A stringed instrument, similar to the Parsifal bell but having only four notes, was used at Bayreuth for the first performance of Parsifal in 1882, where it was combined with tam-tams or gongs in an attempt to replicate the sound of a church bell. The instrument was built by the Bayreuth-based pianoforte manufacturer Steingraeber & Söhne. After many trials the following combination was adopted as the best makeshift:
1. the stringed instrument with four keys;
2. four tam-tams or gongs tuned to the pitch of the four notes composing the chime;
3. a tuba, which plays the notes staccato in quavers to help make them more distinct;
4. a fifth tam-tam, on which a roll is executed with a drumstick.
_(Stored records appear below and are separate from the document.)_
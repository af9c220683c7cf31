//! The first refusal of an encoder.
ghost use Rattle.std.specs.Prelude.{◌≡◌, None, Some, Err, MatchResult};
ghost use Rattle.fm_labels.specs.Refusals.{own_refusal, IsOutcome};

use fm_raw::EncodeError;

/// The first error that an encoder returned, if it returned one. From then on the encoder stays as it is, and each of its calls
/// returns this error.
#[derive(Drop)]
pub struct FirstRefusal {
    /// The error.
    pub error: Option<EncodeError>,
}

impl FirstRefusal {
    /// Keeps the error, and returns it.
    pub fn refuse<T>(&mut self, error: EncodeError) -> Result<T, EncodeError>
        ensures error { self.new.error ≡ Some error }
        ensures returned { result ≡ Err error }
    {
        self.error = Some(error);
        Err(error)
    }

    /// Fails with the first refusal, if there is one.
    pub fn check(&self) -> Result<(), EncodeError>
        ensures { MatchResult result
            (λ _. self.now.error ≡ None)
            (λ error. self.now.error ≡ Some error) }
    {
        match self.error {
            Some(error) => Err(error),
            None => Ok(()),
        }
    }

    /// The first refusal, after the visited source returned `visited`.
    pub fn outcome(&self, visited: Result<(), EncodeError>) -> Result<(), EncodeError>
        ensures { IsOutcome self.now.error visited result }
    {
        if let Some(error) = self.error {
            return Err(error);
        }
        match visited {
            Ok(()) => Ok(()),
            Err(error) => Err(own_refusal(error)),
        }
    }
}

/// What an encoder makes of an error of the source that it visited.
pub fn own_refusal(error: EncodeError) -> EncodeError
    ensures { result ≡ own_refusal error }
{
    match error {
        EncodeError::Memory => EncodeError::Memory,
        _ => EncodeError::MetricFault,
    }
}

/// What a call returned that can only fail for want of memory: if it failed, an encoder refuses with `Memory`.
#[macro_export]
macro_rules! keep {
    ($refused:expr, $returned:expr) => {
        match $returned {
            Ok(value) => Ok(value),
            Err(std::alloc::AllocError) => $refused.refuse(EncodeError::Memory),
        }
    };
}
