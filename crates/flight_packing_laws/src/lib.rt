//! Laws of words of flights: a coding tree unit whose work is done holds the values of its picture, and so the words
//! that it is packed into are as expected, and its derived motion tells the blocks that it is predicted from (H.265
//! 6.3.1, 6.4.1, 8.5.3).
#![tactic(auto)]

mod laws;

pub use laws::{
    built_units_hold_the_values_of_their_flight, built_units_hold_what_agrees,
    derived_units_tell_their_blocks,
};
pub use unit_words::DoneUnit;
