//! Laws of the arithmetic decoding engine behind known coding tree units: where the next unit goes on in the substream,
//! it is resumed from what stands behind the unit (H.265 9.3.1, 9.3.2.5).
#![tactic(auto)]

mod laws;

pub use laws::known_engines_go_on;
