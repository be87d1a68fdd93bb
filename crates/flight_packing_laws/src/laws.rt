//! What follows from the definitions.

ghost use Rattle.std.specs.Prelude.{◌≡◌, ℕ, Some, slice_get};
ghost use Rattle.std.specs.List.{flat_map};
ghost use Rattle.hv_base.specs.declared.line.Phase.TheVariants.{B};
ghost use Rattle.plan_types.specs.declared.picture_plan.PicturePlan.{PicturePlan};
ghost use Rattle.plan_types.specs.declared.segment_plan.SegmentPlan.{SegmentPlan};
ghost use Rattle.spec_picture_trees.specs.Places.{first_row};
ghost use Rattle.spec_picture_trees.specs.Shapes.{picture_shape};
ghost use Rattle.spec_picture_motion.specs.Derived.{known_of_unit};
ghost use Rattle.spec_picture_motion.specs.Slices.{slice_motion};
ghost use Rattle.spec_picture_build.specs.References.{motions_of};
ghost use Rattle.ctu_motion.specs.Held.{held};
ghost use Rattle.flight_value_laws.specs.SpecDecodedPictures.{DecodedUnits};
ghost use Rattle.row_borders.specs.KnownPictureLaws.{AgreeOnUnit};
ghost use Rattle.unit_words.specs.UnitBuild.{BuiltUnit};
ghost use Rattle.row_borders.specs.Building.{HoldsUnit, tree_unit};
ghost use Rattle.spec_known_units.specs.Known.{KnownUnit, units_known};
ghost use Rattle.sample_words.specs.Words.{unit_word};
ghost use Rattle.unit_words.specs.Work.{HasWord, HoldsValues, IsPackable};
ghost use Rattle.unit_words.specs.declared.done_unit.DoneUnit.{DoneUnit};
ghost use Rattle.row_borders.specs.SpecFlights.{PlannedFlight, folded_at, known_folded, pictures_before};
ghost use Rattle.row_borders.specs.SpecFlights.{blocks_at, item_blocks, names_before};
ghost use Rattle.row_borders.specs.SpecFlights.{expected, values_in};
ghost use Rattle.flight_value_laws.specs.Ranges.{IsInRange};
ghost use Rattle.flight_packing_laws.specs.Done.{IsDone};

/// A unit that was built for one picture is the unit of each picture that agrees with that at its samples and places.
/// So by `known_units_are_built_from_what_they_use` of flight_unit_laws what `fill_in_row` of row_borders builds, over
/// borders that agree with a flight's picture, is the unit of that picture.
pub fn built_units_hold_what_agrees()
    ensures { (p : PicturePlan) (address : ℕ) (built : BuiltUnit) (whole made : DecodedUnits)
        → AgreeOnUnit p address whole made → HoldsUnit p address built made → HoldsUnit p address built whole }
{}

/// In a flight that is in range, a unit whose work is done holds the values of its picture: its samples, motion, modes
/// and offsets, the contexts behind a row's second unit, and what its last one carries on (`holds`). They fit words
/// (`packable`). So each word that the unit is packed into is what the word is to hold (`words`).
pub fn built_units_hold_the_values_of_their_flight()
    ensures holds { (f : PlannedFlight) (k : ℕ) (p : PicturePlan) (known : KnownUnit) (d : DoneUnit) → IsInRange f
        → IsDone f k p known d → HoldsValues (values_in p (folded_at f k)) d }
    ensures packable { (f : PlannedFlight) (k : ℕ) (p : PicturePlan) (known : KnownUnit) (d : DoneUnit) → IsInRange f
        → IsDone f k p known d → IsPackable d }
    ensures words { (f : PlannedFlight) (k : ℕ) (p : PicturePlan) (known : KnownUnit) (d : DoneUnit)
        (index word : ℕ) → IsInRange f → IsDone f k p known d → HasWord d index word
        → word ≡ expected f (unit_word B k d.row d.column index) }
{}

/// The blocks of a unit whose motion is derived are those that the flight has for it. So the rows that `item_reach` of
/// unit_reach tells are those that its samples are predicted from.
pub fn derived_units_tell_their_blocks()
    ensures { (f : PlannedFlight) (k address : ℕ) (p : PicturePlan) (known : KnownUnit) (s : SegmentPlan)
        (built : BuiltUnit)
        → slice_get f.pictures k ≡ Some p → units_known p address ≡ Some known
        → slice_get p.segments known.segment ≡ Some s → built.slice ≡ slice_motion p s address
        → held built.motion
        ≡ known_of_unit (motions_of (pictures_before f k)) p s (tree_unit known.segment address known.read)
        (known_folded (pictures_before f k) p).motions
        → flat_map
        (item_blocks (names_before f k) built.slice (first_row (picture_shape p.sps p.pps) address)
        (held built.motion))
        known.read.items
        ≡ blocks_at f k address }
{}
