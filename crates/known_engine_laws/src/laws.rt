//! What follows from the definitions.

ghost use Rattle.std.specs.Prelude.{◌≡◌, ◌<◌, ℕ, Some};
ghost use Rattle.header_types.specs.SequenceParameterSets.{size_in_ctbs};
ghost use Rattle.plan_types.specs.declared.picture_plan.PicturePlan.{PicturePlan};
ghost use Rattle.spec_picture_trees.specs.Picture.{SegmentAt};
ghost use Rattle.spec_known_units.specs.Known.{KnownUnit, picture_segments, segment_having, units_known};
ghost use Rattle.known_engine_laws.specs.Leaving.{LeavesEngine};

/// Behind a known unit of a segment contexts may be, and the engine is at a place of its bits; where the next unit goes
/// on in the substream, bins may be asked.
pub fn known_engines_go_on()
    ensures { (p : PicturePlan) (address : ℕ) (at : SegmentAt) (known : KnownUnit) → address < size_in_ctbs p.sps
        → segment_having (picture_segments p) address ≡ Some at → units_known p address ≡ Some known
        → LeavesEngine at address known }
{}
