// Where types meet, found for all wanted types in one walk along the rows' levels.
ghost use Rattle.std.specs.Prelude.{◌≡◌, ◌+◌, ◌≤◌, length};
ghost use Rattle.paper.specs.Format.{most_rows, most_entries};
ghost use Rattle.closest.specs.Runs.{SoundRows, LevelsOf, Rows};
ghost use Rattle.closest.specs.Deepest.{Onward, Deepened, no_meetings, Meetings};

use paper::Format;

// Each row's level, into the lent list.
pub fn row_levels(table: &[u8], f: Format, rows: usize, levels: &mut [u8])
    requires { SoundRows f rows table.now × (length levels.old ≡ most_rows) }
    ensures { LevelsOf f rows table.now levels.new }
{
    let w = octets::row_bytes(f);
    for i in 0..rows {
        let row = octets::record(table, w, i);
        levels[i] = row[0];
    }
}

// How deep a row of type k and level l meets the rows of each wanted type at or before it, where the row before it meets them at `near`:
// a row meets the next one just above the level of the next.
fn onward(near: [u8; 16], wanted: [u8; 16], k: u8, l: u8) -> [u8; 16]
    requires { 1 ≤ l }
    ensures { Onward wanted k l near result }
{
    let up = l - 1;
    let mut on = near;
    for e in 0..16 {
        let on_the_way = if near[e] < up { near[e] } else { up };
        on[e] = if wanted[e] == k { l } else { on_the_way };
    }
    on
}

// The deeper of the two, place by place.
fn deepen(deepest: &mut [u8], at: usize, near: [u8; 16])
    requires { at + most_entries ≤ length deepest.old }
    ensures { Deepened most_entries at near deepest.old deepest.new }
{
    for e in 0..16 {
        let d = deepest[at + e];
        deepest[at + e] = if d < near[e] { near[e] } else { d };
    }
}

// How deep the rows of each type meet those of each wanted type at or before them, 16 places a type, into the lent list of zeros. Two types
// meet at the deeper of their two places.
pub fn meetings(levels: &[u8], types: &[u8], rows: usize, wanted: [u8; 16], deepest: &mut [u8])
    requires { Rows rows levels.now types.now × (deepest.old ≡ no_meetings) }
    ensures { Meetings rows levels.now types.now wanted deepest.new }
{
    let mut near = [0u8; 16];
    for i in 0..rows {
        let k = types[i];
        let next = onward(near, wanted, k, levels[i]);
        near = next;
        deepen(deepest, 16 * octets::wide(k), near);
    }
}
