// Where types meet, and the runs of rows that agree to a level. Rows stand in document order, so that levels tell where rows meet: a row
// meets the next one just above the level of the next, and the rows that agree with a row to a level are one unbroken run.
#![tactic(auto)]

pub mod meet;
pub mod rows;
pub mod runs;

ghost use Rattle.std.specs.Prelude.{◌≡◌, ◌≤◌, eqb, length, take};
ghost use Rattle.paper.specs.Lists.{keep};

// How many of the rows are of type k. A plain count, which is compiled to count several rows at once; a chain with a filter is not.
pub fn count_rows(types: &[u8], rows: usize, k: usize) -> usize
    requires { rows ≤ length types.now }
    ensures { (result ≡ length (keep (λ x. eqb x k) (take rows types.now))) × (result ≤ rows) }
{
    let mut c = 0;
    for i in 0..rows {
        if octets::wide(types[i]) == k {
            c += 1;
        }
    }
    c
}
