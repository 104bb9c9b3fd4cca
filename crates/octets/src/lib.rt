// Numbers and records read from lent bytes, and bytes put into them. Every function here asks its caller for bytes that are there, and
// a reader's contract is a definition of the paper; what the numbers mean is left to the layers above.
#![tactic(auto)]

ghost use Rattle.std.specs.Prelude.{◌≡◌, ◌+◌, ◌*◌, ◌≤◌, ◌<◌, length, take, drop};
ghost use Rattle.std.proofs.lemmas.List.Edits.{sets};
ghost use Rattle.paper.specs.Format.{row_bytes, entry_bytes, word, number, span, bytes};
ghost use Rattle.octets.specs.Part.{OwnFrom};

use paper::Format;

// A byte as a number.
pub fn wide(b: u8) -> usize
    ensures { (result ≡ b) × (result < 256) }
{
    b as usize
}

// A 16-bit number as a wide one.
pub fn wide16(x: u16) -> usize
    ensures { (result ≡ x) × (result < 65536) }
{
    x as usize
}

// The 16-bit number at byte i.
pub fn word(b: &[u8], i: usize) -> usize
    requires { i + 1 < length b.now }
    ensures { (result ≡ word b.now i) × (result < 65536) }
{
    wide16(u16::from_le_bytes([b[i], b[i + 1]]))
}

// The 64-bit number at byte i.
pub fn long(b: &[u8], i: usize) -> usize
    requires { i + 7 < length b.now }
    ensures { result ≡ number (span 8 b.now i) }
{
    let n = u64::from_le_bytes([
        b[i],
        b[i + 1],
        b[i + 2],
        b[i + 3],
        b[i + 4],
        b[i + 5],
        b[i + 6],
        b[i + 7],
    ]);
    n as usize
}

// The bytes of an entry of a shape.
pub fn entry_bytes(f: Format) -> usize
    requires { f.levels ≤ 255 }
    ensures { result ≡ entry_bytes f }
{
    4 + 2 * f.levels
}

// The bytes of a row: its list, as in an entry, and its value.
pub fn row_bytes(f: Format) -> usize
    requires { f.levels ≤ 255 }
    ensures { result ≡ row_bytes f }
{
    entry_bytes(f) + 8
}

// Record i of w bytes: its own bytes of the caller's table.
pub fn record(t: &[u8], w: usize, i: usize) -> &[u8]
    requires { w * i + w ≤ length t.now }
    ensures { (result.now ≡ take w (drop (w * i) t.now)) × (length result.now ≡ w) × OwnFrom t.entry (w * i) result }
{
    let at = w * i;
    &t[at..at + w]
}

// Some bytes, put at a place.
pub fn put(out: &mut [u8], at: usize, text: &[u8])
    requires { at + length text.now ≤ length out.old }
    ensures { out.new ≡ sets out.old at text.now }
{
    for k in 0..text.len() {
        out[at + k] = text[k];
    }
}

// A 16-bit number, least byte first.
pub fn put_word(new: &mut [u8], at: usize, x: u16)
    requires { at + 2 ≤ length new.old }
    ensures { new.new ≡ sets new.old at (bytes 2 x) }
{
    new[at..at + 2].copy_from_slice(&x.to_le_bytes());
}
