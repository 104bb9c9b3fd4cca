// The rows of a table, read once: refusals 1 to 4, or what the calls that walk rows need of them. Nothing here depends on a shape, so that
// what is read may be tested by itself before a shape is looked at.
ghost use Rattle.std.specs.Prelude.{◌≡◌, length};
ghost use Rattle.paper.specs.Format.{most_rows};
ghost use Rattle.octets.specs.Served.{Served};
ghost use Rattle.closest.specs.Rows.{ReadRows};

use crate::meet::row_levels;
use paper::Format;
use paper::refusal::Refusal;
use tables::table::examine;
use types::list::list_types;

// The number of rows and the types: how many, and of each its parent type (64 for none) and last label. It is small enough to go by value: it is
// copied once, into the answer.
#[derive(Clone, Copy, Drop)]
pub struct RowsRead {
    pub rows: usize,
    pub count: usize,
    pub parents: [u8; 64],
    pub labels: [u16; 64],
}

// Refusals 1 to 4 in their order, or the rows: each row's level and type number are found in the lent lists.
pub fn read_rows(
    table: &[u8],
    f: Format,
    levels: &mut [u8],
    types: &mut [u8],
) -> Result<RowsRead, Refusal>
    requires { Served f × (length levels.old ≡ most_rows) × (length types.old ≡ most_rows) }
    ensures { ReadRows f table.now result levels.new types.new }
{
    let rows = examine(table, f)?;
    let listed = list_types(table, f, rows, types)?;
    row_levels(table, f, rows, levels);
    let parents = listed.parents;
    let labels = listed.labels;
    Ok(RowsRead {
        rows,
        count: listed.count,
        parents,
        labels,
    })
}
==Modern church bell substitutes==
In most orchestral music, tubular bells are used when a bell sound is called for. In another special case, a special peal of hemispherical bells was constructed for use in performances of Sir Arthur Sullivan's cantata, The Golden Legend. Struck with mallets, they produced both tap and hum tone. But Parsifal presented a particular problem because the lowest of the Golden Legend bells was a minor tenth higher than the lowest note required for Parsifal, and the aggregate weight of the four bells was thousands of pounds.

Modern productions of Parsifal typically use a synthesized, or electronically recorded, church bell sound.